RFC: add feature "abi_stable" and make types abi stable

[gwy15]

Hello. In my project, I'm using Rust to load a dynamic library from an executable, and I'm utilizing certain chrono types across the ABI (Application Binary Interface) boundary. To ensure that the program does not crash, I'm employing the crate abi_stable to guarantee that the layouts of types passing through the ABI boundary are consistent.

At present, I have created my own fork of chrono and added an "abi_stable" feature to it. This modification ensures that types such as DateTime maintain ABI stability and can be safely passed through ABI boundaries. I am interested in contributing this modification to the upstream repository. What are your thoughts on this idea?

[pitdicker]

I don't understand this request and its consequences well enough.

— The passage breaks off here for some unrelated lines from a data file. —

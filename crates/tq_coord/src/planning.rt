// Plans of calls on a space: what a call makes of the space in memory, before its log is asked.

ghost use Rattle.std.specs.Prelude.{◌≡◌, ◌≤◌, IfOk, Some};
ghost use Rattle.tq_types.specs.declared.identifiers.Arrival.{Arrival};
ghost use Rattle.tq_model.specs.declared.answer.Answer.TheVariants as answers;
ghost use Rattle.tq_model.specs.declared.calls.CallAnswer.{CallAnswer};
ghost use Rattle.tq_model.specs.Moves.{space_of};
ghost use Rattle.tq_model.specs.Step.{enqueue_outcome, dequeue_outcome, queue_outcome};
ghost use Rattle.tq_spacefile.specs.File.{held_in};
ghost use Rattle.tq_coord.specs.Calls.{IsPlanned, outcome_in};
ghost use Rattle.tq_coord.specs.SpaceCalls.{space_name, IsAsked, IsAskedEnqueue, IsAskedDequeue};

use std::alloc::{AllocError, Global};
use tq_model::{Answer, DequeueAsk, EnqueueAsk, QueueCreation, SpaceAnswer};
use tq_space::{Plan, QueueRefusal, Refusal};
use tq_spacefile::SpaceFile;
use tq_types::{Arrival, Name};

/// What a space is asked.
#[derive(Drop)]
pub enum SpaceCall {
    Enqueue(EnqueueAsk),
    Dequeue(DequeueAsk),
    CreateQueue(QueueCreation),
}

impl SpaceCall {
    ghost use Rattle.tq_coord.specs.SpaceCalls.{numbers_asked};

    // The space.
    pub fn space(&self) -> Name
        ensures { result ≡ space_name self.now }
    {
        match self {
            SpaceCall::Enqueue(ask) => ask.call.space,
            SpaceCall::Dequeue(ask) => ask.call.space,
            SpaceCall::CreateQueue(creation) => creation.space,
        }
    }

    // How many numbers of messages a grant takes.
    pub fn numbers(&self) -> u32
        ensures numbers { result ≡ numbers_asked self.now }
        ensures most { result ≤ 1 }
    {
        match self {
            SpaceCall::Enqueue(_) => 1,
            SpaceCall::Dequeue(_) | SpaceCall::CreateQueue(_) => 0,
        }
    }
}

// What a space makes of a call, before its log.
#[derive(Drop)]
pub enum Planned {
    Refused(Answer),
    // A plan, and what is answered once it is done.
    Granted(Plan, Answer),
}

// The answer that a plan of a call has.
fn take_answer(plan: &mut Plan) -> Answer
    ensures answer { (a : CallAnswer) → plan.old.answer ≡ Some a → result ≡ answers.Call a }
    ensures purge { plan.new.purge ≡ plan.old.purge }
    ensures moves { plan.new.moves ≡ plan.old.moves }
{
    match plan.answer.take() {
        Some(answer) => Answer::Call(answer),
        None => Answer::Done,
    }
}

// The plan of an enqueue.
fn plan_enqueue(alloc: Global, file: &SpaceFile, ask: EnqueueAsk) -> Result<Planned, AllocError>
    requires { IsAskedEnqueue ask.next ask }
    ensures { IfOk result (IsPlanned (held_in file.now) ask.next (enqueue_outcome ask (space_of (held_in file.now)))) }
{
    match file.space().plan_enqueue(alloc, ask) {
        Ok(mut plan) => {
            let answer = take_answer(&mut plan);
            Ok(Planned::Granted(plan, answer))
        }
        Err(Refusal::Refused(answer, _)) => Ok(Planned::Refused(Answer::Call(answer))),
        Err(Refusal::NoMemory) => Err(AllocError),
    }
}

// The plan of a dequeue.
fn plan_dequeue(alloc: Global, file: &SpaceFile, ask: &DequeueAsk) -> Result<Planned, AllocError>
    requires { IsAskedDequeue ask.now }
    ensures { (next : Arrival) → IfOk result (IsPlanned (held_in file.now) next (dequeue_outcome ask.now (space_of (held_in file.now)))) }
{
    match file.space().plan_dequeue(alloc, ask) {
        Ok(mut plan) => {
            let answer = take_answer(&mut plan);
            Ok(Planned::Granted(plan, answer))
        }
        Err(Refusal::Refused(answer, _)) => Ok(Planned::Refused(Answer::Call(answer))),
        Err(Refusal::NoMemory) => Err(AllocError),
    }
}

// The plan of a new queue.
fn plan_queue(alloc: Global, file: &SpaceFile, name: &Name) -> Result<Planned, AllocError>
    ensures { (next : Arrival) → IfOk result (IsPlanned (held_in file.now) next (queue_outcome name.now (space_of (held_in file.now)))) }
{
    match file.space().plan_queue(alloc, name) {
        Ok(plan) => Ok(Planned::Granted(plan, Answer::Done)),
        Err(QueueRefusal::Taken) => Ok(Planned::Refused(Answer::Space(SpaceAnswer::Taken))),
        Err(QueueRefusal::QueueFull(limit)) => Ok(Planned::Refused(Answer::Space(
            SpaceAnswer::QueueFull(limit),
        ))),
        Err(QueueRefusal::NoMemory) => Err(AllocError),
    }
}

// The plan of a call.
pub fn plan(
    alloc: Global,
    file: &SpaceFile,
    call: SpaceCall,
    next: Arrival,
) -> Result<Planned, AllocError>
    requires { IsAsked next call }
    ensures { IfOk result (IsPlanned (held_in file.now) next (outcome_in file.now call)) }
{
    match call {
        SpaceCall::Enqueue(ask) => plan_enqueue(alloc, file, ask),
        SpaceCall::Dequeue(ask) => plan_dequeue(alloc, file, &ask),
        SpaceCall::CreateQueue(creation) => plan_queue(alloc, file, &creation.queue),
    }
}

• What stability guarantees would we have to give around our internal representation?
• How does this work with DateTime, which takes a generic TimeZone that may not come from chrono?
• Is the abi_stable crate the way to go and getting some acceptance in the ecosystem? It has existed for 5 years, but only has 1200 downloads/day.
• Is any type supported, such as NonZero*?
• What is the difference with making some types #[repr(C)]?
• Is this something that can't be implemented in another crate? Why not?

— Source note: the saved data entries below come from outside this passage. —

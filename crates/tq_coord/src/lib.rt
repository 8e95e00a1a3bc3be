//! The site in memory and on its device: a boot, what is asked of a device, new spaces, and the calls on
//! a space.
//!
//! The layer above uses `Manager`. A boot makes it of what the device stands for. Each of its methods is
//! the machine's step at Ok, with the answer and the site; at every stop inside it the devices stand for
//! the site before the step or for the one after it. After an `Err` nothing more is known than that: the
//! manager is to be let go, and a boot brings a site back.
#![tactic(auto)]

mod booting;
mod calls;
mod devices;
mod failure;
mod planning;
mod site;
mod spaces;

pub use failure::{BootFailure, Failure};
pub use planning::SpaceCall;
pub use site::Manager;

At present, I have created my own fork of chrono and added an "abi_stable" feature to it.

Could you point to your branch (may be unpolished)?

[pitdicker]

Another question. How is the safety story for abi_stable?
Rust has an unstable ABI, this crate offers a workaround. abi_stable has its own unsafe_code_guidelines. What transmutes or things is it doing? Has anyone vetted this crates safety? Is there a chance it may break with a future rust version?

[pitdicker]

How is the safety story for abi_stable?

This comment makes me uneasy:

😦 This would be two orders of magnitude more work than every other time that the compiler decided to break my code combined.

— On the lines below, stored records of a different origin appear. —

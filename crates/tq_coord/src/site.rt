//! What is in memory of a site.

ghost use Rattle.std.specs.Prelude.{◌≡◌};
ghost use Rattle.tq_devtab.specs.InMemory as tables;
ghost use Rattle.tq_site.specs.InMemory as journals;
ghost use Rattle.tq_coord.specs.Together.{IsTogether, together_prop};

use tq_devtab::DeviceTable;
use tq_site::SiteJournal;
use tq_spacefile::SpaceFile;
use tq_types::Arrival;

// A device that is created: its table, the journal of the site, and the space of each entry.
#[derive(Drop)]
pub(crate) struct Disk {
    pub(crate) table: DeviceTable,
    pub(crate) journal: SiteJournal,
    // 16, in the order of the table's entries
    pub(crate) files: Vec<Option<SpaceFile>>,
    ghost table_dev: { tables.dev_of table ≡ 0 },
    ghost number: { tables.place_of table ≡ 0 },
    ghost journal_dev: { journals.dev_of journal ≡ 0 },
    ghost fit: { IsTogether 0 (tables.part_of table) files.items } by { together_prop 0 (tables.part_of table) files.items },
}

/// The site in memory: what its devices stand for, and the number of the next message.
#[derive(Drop)]
pub struct Manager {
    // device 0, and None while it is blank
    pub(crate) disk: Option<Disk>,
    // the number of the next message
    pub(crate) next: u32,
}

impl Manager {
    ghost use Rattle.tq_model.specs.Step.{next_arrival};
    ghost use Rattle.tq_coord.specs.Manager.{site_of};

    /// The clock of the site.
    pub fn clock(&self) -> u64
        ensures { result ≡ (site_of self.now).clock }
    {
        0
    }

    /// The arrival of the next message: its number in the epoch of this boot; in epoch 0 while no device is created.
    pub fn next_arrival(&self) -> Arrival
        ensures { result ≡ next_arrival (site_of self.now) }
    {
        let epoch = match &self.disk {
            None => 0,
            Some(disk) => disk.journal.epoch(),
        };
        Arrival {
            epoch,
            number: self.next,
        }
    }
}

It shows there is nontrivial unsafety, in a way that may not agree with the opinions of the rust language/compiler.

[gwy15]

• The main reason I want to introduce abi_stable into chrono, instead of purely using #[repr(C)], is that it would provide a trait (StableAbi) and provides a link of trust and the ability to check memory layout in runtime, which #[repr(C)] does not provide.
• There are no stability guarantees that chrono has to give. Let's say there's a breaking changes in memory layout, executables and dynamic libraries that replys on two different versions of chronos should detect the different memory layout in runtime using the StableAbi crate and thus prevents crashing, which is the reason I want to introduce abi_stable.
• AFAIK, in my implementation, I bounded the StableAbi trait to only implement on Timezone that implements StableAbi.
• AFAIK, abi_stable is currently the only way to do this (runtime check memory layout and abi stability)
• StableAbi is implemented for NonZero* and Option<NonZero*>, but not all types (those who do not guarantees a memory layout stability in rust reference)
• Due to the orphan rule, I cannot implement this in anther crate, even with wrapped new types.

[gwy15]

This is the proposed commit: 81f0c1a

[gwy15]

I agree that my use case may not be that common (putting a lot of computation and business code in dynamic library to keep the core code clean, and passing structs through ffi boundards). And I can totally understand that for that, introducing such a lesser-used crate into chrono may not be accepted.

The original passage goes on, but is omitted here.